» Collected data:
--------------------------------

// A collapse as an operation: it tests its input, then marks those whose level falls when x and its edges are gone.
#![tactic(auto)]

ghost use Rattle.std.specs.Prelude.{◌≡◌, ◌≤◌, ◌<◌, length, Ok, Err};
ghost use Rattle.finite.specs.Count.{tabulate};
ghost use Rattle.table.specs.Table.{vertices};
ghost use Rattle.table.specs.Size.{size_of};
ghost use Rattle.table.specs.Guard.{answer, held};
ghost use Rattle.marking.specs.Marking.{marking_of};
ghost use Rattle.pool.specs.Sheet.{Leveled};
ghost use Rattle.cascade.specs.Cascade.{fell_by};
ghost use Rattle.collapse.specs.Answers.{fall_marks_of};

use table::{Refusal, Size};

// Marks with 1 those for whom fewer are kept than their level, and with 0 all others.
fn copy_falls(levels: &[u16], support: &[u16; 1024], marks: &mut [u8])
    requires marks_in_bounds { length marks.old ≤ length levels.now }
    requires marks_len_bound { length marks.old ≤ 1024 }
    ensures { marks.new ≡ tabulate (fell_by levels.now support.now) (length marks.old) }
{
    for (v, mark) in marks.iter_mut().enumerate() {
        *mark = (support[v] < levels[v]) as u8;
    }
}

// The marks of a collapse of x, on the defined levels.
fn write_falls(
    starts: &[u16],
    links: &[u16],
    anchored: &[u8],
    levels: &[u16],
    x: usize,
    marks: &mut [u8],
)
    requires leveled { Leveled starts.now links.now anchored.now levels.now }
    requires x_bound { x < vertices starts.now }
    requires marks_len { length marks.old ≡ vertices starts.now }
    ensures { marks.new ≡ fall_marks_of starts.now links.now anchored.now x }
{
    let mut support = [0u16; 1024];
    cascade::cascade(starts, links, anchored, levels, x, &mut support);
    copy_falls(levels, &support, marks);
}

// Marks those whose level falls when x, anchored or not, and its edges are gone; a refusal leaves the marks as they are.
pub fn collapse(
    starts: &[u16],
    links: &[u16],
    anchored: &[u8],
    levels: &[u16],
    layers: &[u16],
    x: usize,
    marks: &mut [u8],
) -> Result<Size, Refusal>
    ensures { let guard = marking_of starts.now links.now anchored.now levels.now layers.now x (length marks.old) in
        (result ≡ answer guard (Ok (size_of starts.now links.now)) Err)
        × (marks.new ≡ held guard (fall_marks_of starts.now links.now anchored.now x) marks.old) }
{
    marking::test_marking(starts, links, anchored, levels, layers, x, marks.len())?;
    write_falls(starts, links, anchored, levels, x, marks);
    Ok(Size::measure(starts, links))
}
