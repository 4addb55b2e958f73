//! For bench/framing: reads standard input whole, feeds it to a fresh framer in pieces of so many bytes, asks
//! for the requests after each piece, does this so many times over, and prints how many requests there were.
//! Its words are the size of a piece and the number of times.
#![tactic(auto)]

use std::alloc::Global;
use std::io::Read;
use std::{env, io};
use wd_http::{Framer, Next};
use wd_json::Memory;

/// How many requests stand in front, which are taken. Says nothing of a framer that is spent.
fn take_all(framer: &mut Framer) -> Result<u64, Memory> {
    let mut count = 0u64;
    for _ in 0..u64::MAX {
        if framer.spent() {
            return Err(Memory);
        }
        match framer.next()? {
            Next::Request(_) => count = count.saturating_add(1),
            _ => break,
        }
    }
    Ok(count)
}

/// How many requests the bytes spell, fed in pieces.
fn requests(alloc: Global, bytes: &[u8], piece: usize) -> Result<u64, Memory> {
    let mut framer = Framer::new(alloc);
    let mut count = 0u64;
    let mut at = 0usize;
    for _ in 0..bytes.len() {
        if at >= bytes.len() {
            break;
        }
        let end = at.saturating_add(piece).min(bytes.len());
        if framer.spent() || end < at {
            return Err(Memory);
        }
        framer.feed(&bytes[at..end])?;
        count = count.saturating_add(take_all(&mut framer)?);
        at = end;
    }
    Ok(count)
}

fn main(rt: HostRuntime) -> io::Result<()> {
    let alloc = rt.alloc();
    let mut numbers = Vec::new(alloc);
    for word in env::args(&rt)? {
        numbers.push(word.as_str().parse::<u64>().unwrap_or(1))?;
    }
    let piece = numbers.get(1).copied().unwrap_or(1).min(1 << 30) as usize;
    let times = numbers.get(2).copied().unwrap_or(1);
    let mut bytes = Vec::new(alloc);
    rt.stdin().read_to_end(&mut bytes)?;
    let mut count = 0u64;
    for _ in 0..times {
        match requests(alloc, bytes.as_slice(), piece.max(1)) {
            Ok(found) => count = count.saturating_add(found),
            Err(Memory) => break,
        }
    }
    println!(rt; "{count}")
}
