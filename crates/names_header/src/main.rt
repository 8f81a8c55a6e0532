// Prints a C header with names as arrays by number: the mnemonics of the message table's kinds, and words for refusals,
// stop reasons, states and events.
#![tactic(auto)]

use std::io;

fn main(rt: HostRuntime) -> io::Result<()> {
    println!(rt; "#ifndef PIL_NAMES_H\n#define PIL_NAMES_H\n")?;
    println!(rt; "/* Names for the numbers of pil.h: each array is indexed by such a number. */")?;
    array(
        &rt,
        "Mnemonics of kinds, PIL_KIND_NONE to PIL_KIND_IDY.",
        "kind_names",
        &names::MNEMONICS,
    )?;
    array(
        &rt,
        "Refusals, PIL_ACCEPTED to PIL_BAD_SAVE.",
        "refusal_texts",
        &names::REFUSALS,
    )?;
    array(
        &rt,
        "Why a drain stopped, PIL_STOP_NO_HOP to PIL_STOP_EVENT.",
        "stop_texts",
        &names::STOPS,
    )?;
    array(
        &rt,
        "Assignment states, PIL_UNCONFIGURED to PIL_HALF_ASSIGNED.",
        "assignment_texts",
        &names::ASSIGNMENTS,
    )?;
    array(
        &rt,
        "Talker states, PIL_TALKER_IDLE to PIL_TALKER_ACCESSORY.",
        "talker_texts",
        &names::TALKERS,
    )?;
    array(
        &rt,
        "Service states, PIL_SERVICE_NONE to PIL_SERVICE_POLLED.",
        "service_texts",
        &names::SERVICES,
    )?;
    array(
        &rt,
        "Remote and local, PIL_LOCAL to PIL_REMOTE_LOCKED.",
        "remote_texts",
        &names::REMOTES,
    )?;
    array(
        &rt,
        "Events, PIL_EVENT_NONE to PIL_EVENT_TRIGGER.",
        "event_texts",
        &names::EVENTS,
    )?;
    println!(rt; "\n#endif")
}

// An array: what it is of, its name, and its entries.
fn array(rt: &impl Print, what: &str, name: &str, table: &[&'static str]) -> io::Result<()> {
    let count = table.len();
    println!(rt; "\n/* {what} */\nstatic const char *const pil_{name}[{count}] = {{")?;
    for number in 0..count as u64 {
        println!(rt; "    \"{}\",", names::name(table, number))?;
    }
    println!(rt; "}};")
}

--------------------------------

» Work required: Search the entries for the word "kinds" and copy every line that holds it.

» Task response:
// Prints a C header with names as arrays by number: the mnemonics of the message table's kinds, and words for refusals,
        "Mnemonics of kinds, PIL_KIND_NONE to PIL_KIND_IDY.",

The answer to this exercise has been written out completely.